Brief => Show every line in the entries below where the word "RackFile" appears.

Stored data entries:

━━━━━━━━

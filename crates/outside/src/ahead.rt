ghost use Rattle.std.specs.Prelude.{◌≡◌, ◌<◌, ◌≤◌, IfOk, length};

use crate::tray::DeviceError;
use std::io::{ErrorKind, Read};

// How often an interrupted read is tried again.
const TRIES: u32 = 1_000_000;

// The number of bytes that are read at once where fewer are asked for.
const PIECE: usize = 4096;

// A read-ahead buffer: the bytes from `start` to `end` were read of a file and not given yet.
#[derive(Drop)]
pub(crate) struct Ahead {
    bytes: [u8; PIECE],
    start: usize,
    end: usize,
    ghost within: { (start ≤ end) × (end ≤ 4096) },
}

impl Ahead {
    pub(crate) fn empty() -> Ahead {
        Ahead {
            bytes: [0; PIECE],
            start: 0,
            end: 0,
        }
    }

    // Drops the bytes that were not given.
    pub(crate) fn forget(&mut self)
        ensures start { self.new.start ≡ 0 }
        ensures end { self.new.end ≡ 0 }
    {
        self.start = 0;
        self.end = 0;
    }

    // Reads on in the file, a whole piece where less is asked for.
    pub(crate) fn read<F: Read>(
        &mut self,
        file: &mut F,
        buf: &mut [u8],
    ) -> Result<usize, DeviceError>
        ensures within { IfOk result (λ n. n ≤ length buf.new) }
    {
        if self.start == self.end {
            if buf.len() >= PIECE {
                return read_once(file, buf);
            }
            self.forget();
            self.end = read_once(file, &mut self.bytes)?;
        }
        Ok(self.give(buf))
    }

    // Gives bytes that were read, and returns how many.
    fn give(&mut self, buf: &mut [u8]) -> usize
        ensures { result ≤ length buf.new }
    {
        let count = buf.len().min(self.end - self.start);
        buf[..count].copy_from_slice(&self.bytes[self.start..self.start + count]);
        self.start += count;
        count
    }
}

// Reads, and tries again where the read is interrupted.
pub(crate) fn read_once<F: Read>(file: &mut F, buf: &mut [u8]) -> Result<usize, DeviceError>
    ensures within { IfOk result (λ n. n ≤ length buf.new) }
    ensures same { length buf.new ≡ length buf.old }
{
    for _ in 0..TRIES {
        match file.read(buf) {
            Ok(count) => return Ok(count),
            Err(error) if error.kind() == ErrorKind::Interrupted => {}
            Err(_) => return Err(DeviceError),
        }
    }
    Err(DeviceError)
}
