ghost use Rattle.std.specs.Prelude.{◌≡◌, ◌<◌, IsTrue, min, option_copied};
ghost use Rattle.outside.specs.Rack.{RackState, Creates, Writes, Finishes, Tells};
ghost use Rattle.outside.specs.MemRacks.{rack_of};

use crate::mem_calls::{fault, is_failing, note};
use crate::rack::Rack;
use crate::shelf::{RackFile, append, begin_file, file_named, grow};
use crate::tray::DeviceError;
use lists::list::List;
use lists::names::{CallList, Name};
use std::alloc::Global;
use std::marker::Model;

/// A rack in memory, for tests. Each write takes at most `grain` bytes, all writes together at most `workspace` bytes, and
/// chosen calls fail.
#[derive(Drop)]
pub struct MemRack {
    alloc: Global,
    done: Vec<RackFile>,
    current: Option<RackFile>,
    is_open: bool,
    text: Name,
    grain: usize,
    workspace: u64,
    fails: CallList,
    calls: u64,
    faults: u64,
    asked: List<Name>,
    is_asked_reported: bool,
    finished: List<Name>,
    is_finished_reported: bool,
}

impl Model for MemRack {
    ghost use Rattle.outside.specs.MemRacks.{MemRackState};
    ghost use Rattle.std.specs.Prelude.{Some, None, cond};

    ghost Value = { MemRackState };

    ghost view = { λ m. record {
      done = m.done.items;
      current = m.current;
      reported = m.text;
      is_open = m.is_open;
      grain = m.grain;
      workspace = m.workspace;
      fails = m.fails;
      calls = m.calls;
      asked = cond m.is_asked_reported (Some m.asked) None;
      finished = cond m.is_finished_reported (Some m.finished) None;
      faults = m.faults;
    } };

    ghost use Rattle.outside.specs.MemRacks.{IsRackInside};

    ghost invariant = { λ m. IsRackInside m.grain m.is_open m.current };
}

impl MemRack {
    ghost use Rattle.outside.specs.MemRacks.{fresh_rack, rack_of};

    /// A rack with no file, and nothing printed. A call fails where its number, from 0 over `create`, `write`, `finish`
    /// and `tell`, is in `fails`, where a piece that is not empty meets no room, or where memory runs out.
    pub fn new(alloc: Global, grain: usize, workspace: u64, fails: CallList) -> MemRack
        requires { 0 < grain }
        ensures { result ≡ fresh_rack grain workspace fails }
    {
        MemRack {
            alloc,
            done: Vec::new(alloc),
            current: None,
            is_open: false,
            text: List::new(alloc),
            grain,
            workspace,
            fails,
            calls: 0,
            faults: 0,
            asked: List::new(alloc),
            is_asked_reported: true,
            finished: List::new(alloc),
            is_finished_reported: true,
        }
    }

    /// The text that was printed.
    pub fn reported(&self) -> &[u8]
        ensures { result.now ≡ self.now.reported }
    {
        self.text.as_slice()
    }

    /// The bytes of the file of that name, finished or not, or `None` exactly where there is no such file.
    pub fn file(&self, name: &str) -> Option<&[u8]>
        ensures { option_copied result ≡ (rack_of self.now).file name.now }
    {
        match &self.current {
            Some(file) => {
                if file.name.as_slice() == name.as_bytes() {
                    Some(file.bytes.as_slice())
                } else {
                    file_named(&self.done, name)
                }
            }
            None => file_named(&self.done, name),
        }
    }
}

impl Rack for MemRack {
    ghost use Rattle.outside.specs.MemRacks.{CreatesMem, WritesMem, FinishesMem, TellsMem, rack_of};

    ghost state = { rack_of };

    fn create(&mut self, name: &str) -> Result<(), DeviceError>
        ensures rack { Creates name.now (rack_of self.old) (rack_of self.new) result }
        ensures exact { CreatesMem self.old self.new result }
    {
        self.is_asked_reported = note(
            self.alloc,
            &mut self.asked,
            self.is_asked_reported,
            name.as_bytes(),
        );
        self.is_open = false;
        if is_failing(&mut self.calls, self.fails.as_slice()) {
            return Err(fault(&mut self.faults));
        }
        if !begin_file(self.alloc, &mut self.done, &mut self.current, name) {
            return Err(fault(&mut self.faults));
        }
        self.is_open = true;
        Ok(())
    }

    fn write(&mut self, piece: &[u8]) -> Result<usize, DeviceError>
        requires { IsTrue self.old.is_open }
        ensures rack { Writes piece.now (rack_of self.old) (rack_of self.new) result }
        ensures exact { WritesMem piece.now self.old self.new result }
    {
        let is_failing = is_failing(&mut self.calls, self.fails.as_slice());
        if is_failing || (self.workspace == 0 && !piece.is_empty()) {
            return Err(fault(&mut self.faults));
        }
        let count = most_of(piece.len(), self.grain, self.workspace);
        if !grow(self.alloc, &mut self.current, &piece[..count]) {
            return Err(fault(&mut self.faults));
        }
        self.workspace -= count as u64;
        Ok(count)
    }

    fn finish(&mut self) -> Result<(), DeviceError>
        requires { IsTrue self.old.is_open }
        ensures rack { Finishes (rack_of self.old) (rack_of self.new) result }
        ensures exact { FinishesMem self.old self.new result }
    {
        if is_failing(&mut self.calls, self.fails.as_slice()) {
            return Err(fault(&mut self.faults));
        }
        self.is_open = false;
        if let Some(file) = &self.current {
            let name = file.name.as_slice();
            self.is_finished_reported = note(
                self.alloc,
                &mut self.finished,
                self.is_finished_reported,
                name,
            );
        }
        Ok(())
    }

    fn tell(&mut self, text: &[u8]) -> Result<(), DeviceError>
        ensures rack { Tells text.now (rack_of self.old) (rack_of self.new) result }
        ensures exact { TellsMem text.now self.old self.new result }
    {
        if is_failing(&mut self.calls, self.fails.as_slice()) {
            return Err(fault(&mut self.faults));
        }
        if !append(self.alloc, &mut self.text, text) {
            return Err(fault(&mut self.faults));
        }
        Ok(())
    }
}

fn most_of(len: usize, grain: usize, workspace: u64) -> usize
    ensures { result ≡ min (min len grain) workspace }
{
    let most = len.min(grain);
    if workspace < most as u64 {
        workspace as usize
    } else {
        most
    }
}
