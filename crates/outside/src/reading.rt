ghost use Rattle.std.specs.Prelude.{◌≡◌, IsTrue, ◌∷◌, [], ◌++◌, ◌≤◌, ◌-◌, length, take, drop, IfOk, OnOk, IsErrOf};
ghost use Rattle.outside.specs.ErrorCases.{Rose, RoseOnce, Asks};
ghost use Rattle.outside.specs.Tray.{KeepsTray};
ghost use Rattle.outside.specs.Reading.{TakesPrefix, TakesAtMost, TakesFew};
ghost use Rattle.outside.specs.declared.reading.ReadError.TheVariants.{ReadFault};

use crate::tray::{DeviceError, Tray};
use lists::list::List;
use lists::names::Name;
use std::alloc::Global;
use thiserror::Error;

/// Why a file could not be read whole.
#[derive(Clone, Copy, Debug, Drop, Error)]
pub enum ReadError {
    /// A call of the tray failed.
    #[error("the file could not be read")]
    ReadFault,
    #[error("out of memory")]
    OutOfMemory,
}

impl From<DeviceError> for ReadError {
    ghost from_gives = { λ _ error. error ≡ ReadFault };

    fn from(_: DeviceError) -> ReadError {
        ReadError::ReadFault
    }
}

const PIECE: usize = 4096;

/// Reads the file of that name to its end. At most `most` bytes are read, whatever the answer.
pub fn read_file<T: Tray>(
    alloc: Global,
    tray: &mut T,
    name: &str,
    most: u32,
) -> Result<Name, ReadError>
    ensures keeps { KeepsTray (T.state tray.old) (T.state tray.new) }
    ensures asked { Asks (T.state tray.old).asked (T.state tray.new).asked (name.now ∷ []) }
    ensures taken { IfOk result (λ bytes. IsTrue (T.state tray.old).tells →
        TakesPrefix name.now most (T.state tray.old) (T.state tray.new) bytes) }
    ensures few { IsTrue (T.state tray.new).begun → IsTrue (T.state tray.old).tells →
        TakesFew name.now most (T.state tray.old) (T.state tray.new) }
    ensures well { OnOk result ((T.state tray.new).faults ≡ (T.state tray.old).faults) }
    ensures memory { IsErrOf result ReadError.OutOfMemory →
        IsTrue (T.state tray.new).begun × ((T.state tray.new).faults ≡ (T.state tray.old).faults) }
    ensures reason { IsErrOf result ReadError.ReadFault →
        Rose (T.state tray.old).faults (T.state tray.new).faults }
    ensures once { IsErrOf result ReadError.ReadFault →
        RoseOnce (T.state tray.old).faults (T.state tray.new).faults }
{
    tray.begin(name)?;
    let bytes = read_on(alloc, tray, most as usize)?;
    Ok(List::from_vec(bytes))
}

// Reads the rest of the open file.
fn read_on<T: Tray>(alloc: Global, tray: &mut T, most: usize) -> Result<Vec<u8>, ReadError>
    requires { IsTrue (T.state tray.old).begun }
    ensures keeps { KeepsTray (T.state tray.old) (T.state tray.new) }
    ensures asked { (T.state tray.new).asked ≡ (T.state tray.old).asked }
    ensures begun { IsTrue (T.state tray.new).begun }
    ensures taken { IfOk result (λ bytes. IsTrue (T.state tray.old).tells →
        bytes.items ≡ take most (T.state tray.old).left) }
    ensures left { IfOk result (λ bytes. IsTrue (T.state tray.old).tells →
        (T.state tray.new).left ≡ drop most (T.state tray.old).left) }
    ensures few { IsTrue (T.state tray.old).tells →
        TakesAtMost most (T.state tray.old).left (T.state tray.new) }
    ensures well { OnOk result ((T.state tray.new).faults ≡ (T.state tray.old).faults) }
    ensures memory { IsErrOf result ReadError.OutOfMemory →
        (T.state tray.new).faults ≡ (T.state tray.old).faults }
    ensures reason { IsErrOf result ReadError.ReadFault →
        Rose (T.state tray.old).faults (T.state tray.new).faults }
    ensures once { IsErrOf result ReadError.ReadFault →
        RoseOnce (T.state tray.old).faults (T.state tray.new).faults }
{
    let mut bytes: Vec<u8> = Vec::new(alloc);
    let mut piece = [0u8; PIECE];
    while bytes.len() < most {
        let want = PIECE.min(most - bytes.len());
        match tray.read(&mut piece[..want]) {
            Ok(0) => return Ok(bytes),
            Ok(count) => match bytes.extend_from_slice(&piece[..count]) {
                Ok(()) => {}
                Err(_) => return Err(ReadError::OutOfMemory),
            },
            Err(DeviceError) => return Err(ReadError::ReadFault),
        }
    }
    Ok(bytes)
}
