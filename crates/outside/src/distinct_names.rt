ghost use Rattle.std.specs.Prelude.{◌≡◌, ◌≢◌, ◌<◌, ◌↔◌, ℕ, IsTrue, length};
ghost use Rattle.outside.specs.MemFiles.{HaveDistinctNames, file_at};

use crate::mem_file::MemFile;

/// Whether no two of the files have one name.
pub fn have_distinct_names(files: &[MemFile]) -> bool
    ensures { IsTrue result ↔ HaveDistinctNames files.now }
{
    for place in 0..files.len() {
        if !is_new(files, place) {
            return false;
        }
    }
    true
}

// Whether no earlier file has the name of the one at that place.
fn is_new(files: &[MemFile], place: usize) -> bool
    requires { place < length files.now }
    ensures { let name = (file_at files.now place).name in
        IsTrue result ↔ ((k : ℕ) → k < place → (file_at files.now k).name ≢ name) }
{
    for earlier in 0..place {
        if has_same_name(&files[earlier], &files[place]) {
            return false;
        }
    }
    true
}

fn has_same_name(one: &MemFile, other: &MemFile) -> bool
    ensures { IsTrue result ↔ (one.now.name ≡ other.now.name) }
{
    one.name.as_slice() == other.name.as_slice()
}
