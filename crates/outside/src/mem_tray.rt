ghost use Rattle.std.specs.Prelude.{◌≡◌, ◌<◌, ◌≤◌, ◌+◌, ◌-◌, ◌^◌, ◌++◌, ◌==◌, min, IsTrue, is_some, is_none, Some, None, cond, length, take, drop};
ghost use Rattle.std.specs.Option.{ForSome};
ghost use Rattle.std.specs.Str.{bytes_eq};
ghost use Rattle.outside.specs.MemFiles.{HaveDistinctNames, place_of, is_at, end_before};

use crate::mem_calls::{fault, is_failing, note};
use crate::mem_file::{FileList, MemFile};
use crate::tray::{DeviceError, Tray};
use lists::list::List;
use lists::names::{CallList, Name};
use std::alloc::Global;
use std::marker::Model;

/// A tray in memory, for tests. Each read gives at most `grain` bytes, and chosen calls fail.
#[derive(Drop)]
pub struct MemTray {
    alloc: Global,
    files: FileList,
    grain: usize,
    fails: CallList,
    calls: u64,
    faults: u64,
    place: Option<usize>,
    taken: usize,
    asked: List<Name>,
    is_asked_reported: bool,
}

impl Model for MemTray {
    ghost use Rattle.outside.specs.MemTrays.{MemTrayState};
    ghost use Rattle.std.specs.Prelude.{Some, None, cond};

    ghost Value = { MemTrayState };

    ghost view = { λ m. record {
      files = m.files;
      grain = m.grain;
      fails = m.fails;
      calls = m.calls;
      place = m.place;
      taken = m.taken;
      asked = cond m.is_asked_reported (Some m.asked) None;
      faults = m.faults;
    } };

    ghost use Rattle.outside.specs.MemTrays.{IsTrayInside};

    ghost invariant = { λ m. IsTrayInside m.files m.grain m.place m.taken };
}

impl MemTray {
    ghost use Rattle.outside.specs.MemTrays.{fresh_tray};

    /// A tray of these files, whose names are distinct. A call fails exactly where its number, from 0 over `begin` and
    /// `read`, is in `fails`, where there is no file of the name, or where a read would begin at the file's `fails_at`.
    pub fn new(alloc: Global, files: FileList, grain: usize, fails: CallList) -> MemTray
        requires grain { 0 < grain }
        requires distinct { HaveDistinctNames files }
        ensures { result ≡ fresh_tray files grain fails }
    {
        MemTray {
            alloc,
            files,
            grain,
            fails,
            calls: 0,
            faults: 0,
            place: None,
            taken: 0,
            asked: List::new(alloc),
            is_asked_reported: true,
        }
    }
}

fn place_in(files: &[MemFile], name: &str) -> Option<usize>
    ensures { result ≡ place_of files.now name.now }
{
    files.iter().position(|file| is_named(file, name))
}

fn is_named(file: &MemFile, name: &str) -> bool
    ensures { result ≡ bytes_eq file.now.name name.now }
{
    file.name.as_slice() == name.as_bytes()
}

// Copies bytes from that place on into the buffer, at most `most`, and returns how many.
fn give(bytes: &[u8], at: usize, most: usize, buf: &mut [u8]) -> usize
    ensures count { result ≡ min (min most (length buf.old)) (length bytes.now - at) }
    ensures given { take result buf.new ≡ take result (drop at bytes.now) }
{
    let count = most.min(buf.len()).min(bytes.len().saturating_sub(at));
    if count > 0 {
        buf[..count].copy_from_slice(&bytes[at..at + count]);
    }
    count
}

fn is_error(fails_at: Option<u64>, taken: usize) -> bool
    ensures { result ≡ is_at fails_at taken }
{
    match fails_at {
        Some(error) => error == taken as u64,
        None => false,
    }
}

// The offset up to which a read may go, in a file of which `taken` bytes were read.
fn end_of_read(fails_at: Option<u64>, len: usize, taken: usize) -> usize
    ensures { result ≡ end_before fails_at len taken }
{
    match fails_at {
        Some(error) => {
            if (taken as u64) < error && error < len as u64 {
                error as usize
            } else {
                len
            }
        }
        None => len,
    }
}

// Reads on in a file of which `taken` bytes were read.
fn read_on(file: &MemFile, taken: usize, grain: usize, buf: &mut [u8]) -> usize
    requires { taken ≤ length file.now.bytes }
    ensures count { let end = end_before file.now.fails_at (length file.now.bytes) taken in
        result ≡ min (min grain (length buf.old)) (end - taken) }
    ensures within { taken + result ≤ length file.now.bytes }
    ensures fits { taken + result < 2 ^ 64 }
    ensures given { drop taken file.now.bytes
        ≡ take result buf.new ++ drop (taken + result) file.now.bytes }
{
    let end = end_of_read(file.fails_at, file.bytes.len(), taken);
    give(&file.bytes.as_slice()[..end], taken, grain, buf)
}

impl Tray for MemTray {
    ghost use Rattle.outside.specs.MemTrays.{tray_of, BeginsMem, ReadsMem};
    ghost use Rattle.outside.specs.Tray.{Begins, Reads};

    ghost state = { tray_of };

    fn begin(&mut self, name: &str) -> Result<(), DeviceError>
        ensures tray { Begins name.now (tray_of self.old) (tray_of self.new) result }
        ensures exact { BeginsMem name.now self.old self.new result }
    {
        self.is_asked_reported = note(
            self.alloc,
            &mut self.asked,
            self.is_asked_reported,
            name.as_bytes(),
        );
        self.place = None;
        self.taken = 0;
        if is_failing(&mut self.calls, self.fails.as_slice()) {
            return Err(fault(&mut self.faults));
        }
        self.place = place_in(self.files.as_slice(), name);
        match self.place {
            Some(_) => Ok(()),
            None => Err(fault(&mut self.faults)),
        }
    }

    fn read(&mut self, buf: &mut [u8]) -> Result<usize, DeviceError>
        requires { IsTrue (is_some self.old.place) }
        ensures tray { Reads (tray_of self.old) (tray_of self.new) result buf.new }
        ensures exact { ReadsMem self.old self.new result buf.new }
    {
        let is_failing = is_failing(&mut self.calls, self.fails.as_slice());
        let Some(place) = self.place else {
            unreachable!()
        };
        let file = &self.files.as_slice()[place];
        if is_failing || is_error(file.fails_at, self.taken) {
            return Err(fault(&mut self.faults));
        }
        let count = read_on(file, self.taken, self.grain, buf);
        self.taken += count;
        Ok(count)
    }
}
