ghost use Rattle.std.specs.Prelude.{◌≡◌, ◌≤◌, ◌∷◌, [], Some, None, cond};
ghost use Rattle.outside.specs.Counts.{one_more, is_listed};
ghost use Rattle.outside.specs.ErrorCases.{Rose, RoseOnce, Asks};

use crate::tray::DeviceError;
use lists::list::List;
use lists::names::Name;
use std::alloc::Global;

// Adds a name to the list of names, and returns whether the list still tells of all calls: it does not once memory ran
// out.
pub(crate) fn note(alloc: Global, names: &mut List<Name>, is_reported: bool, name: &[u8]) -> bool
    ensures { let before = cond is_reported (Some names.old) None in
        let after = cond result (Some names.new) None in
        Asks before after (name.now ∷ []) }
{
    let mut copy: Vec<u8> = Vec::new(alloc);
    match copy.extend_from_slice(name) {
        Ok(()) => is_reported && names.push(List::from_vec(copy)).is_ok(),
        Err(_) => false,
    }
}

// Counts a call, and returns whether it is to fail.
pub(crate) fn is_failing(calls: &mut u64, fails: &[u64]) -> bool
    ensures answer { result ≡ is_listed fails.now calls.old }
    ensures counted { calls.new ≡ one_more calls.old }
{
    let number = *calls;
    *calls = number.saturating_add(1);
    fails.iter().any(|call| *call == number)
}

// Counts a failed call.
pub(crate) fn fault(faults: &mut u64) -> DeviceError
    ensures counted { faults.new ≡ one_more faults.old }
    ensures rose { Rose faults.old faults.new }
    ensures once { RoseOnce faults.old faults.new }
    ensures later { faults.old ≤ faults.new }
{
    *faults = faults.saturating_add(1);
    DeviceError
}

━━━━━━━━

Response =>
use crate::shelf::{RackFile, append, begin_file, file_named, grow};
    done: Vec<RackFile>,
    current: Option<RackFile>,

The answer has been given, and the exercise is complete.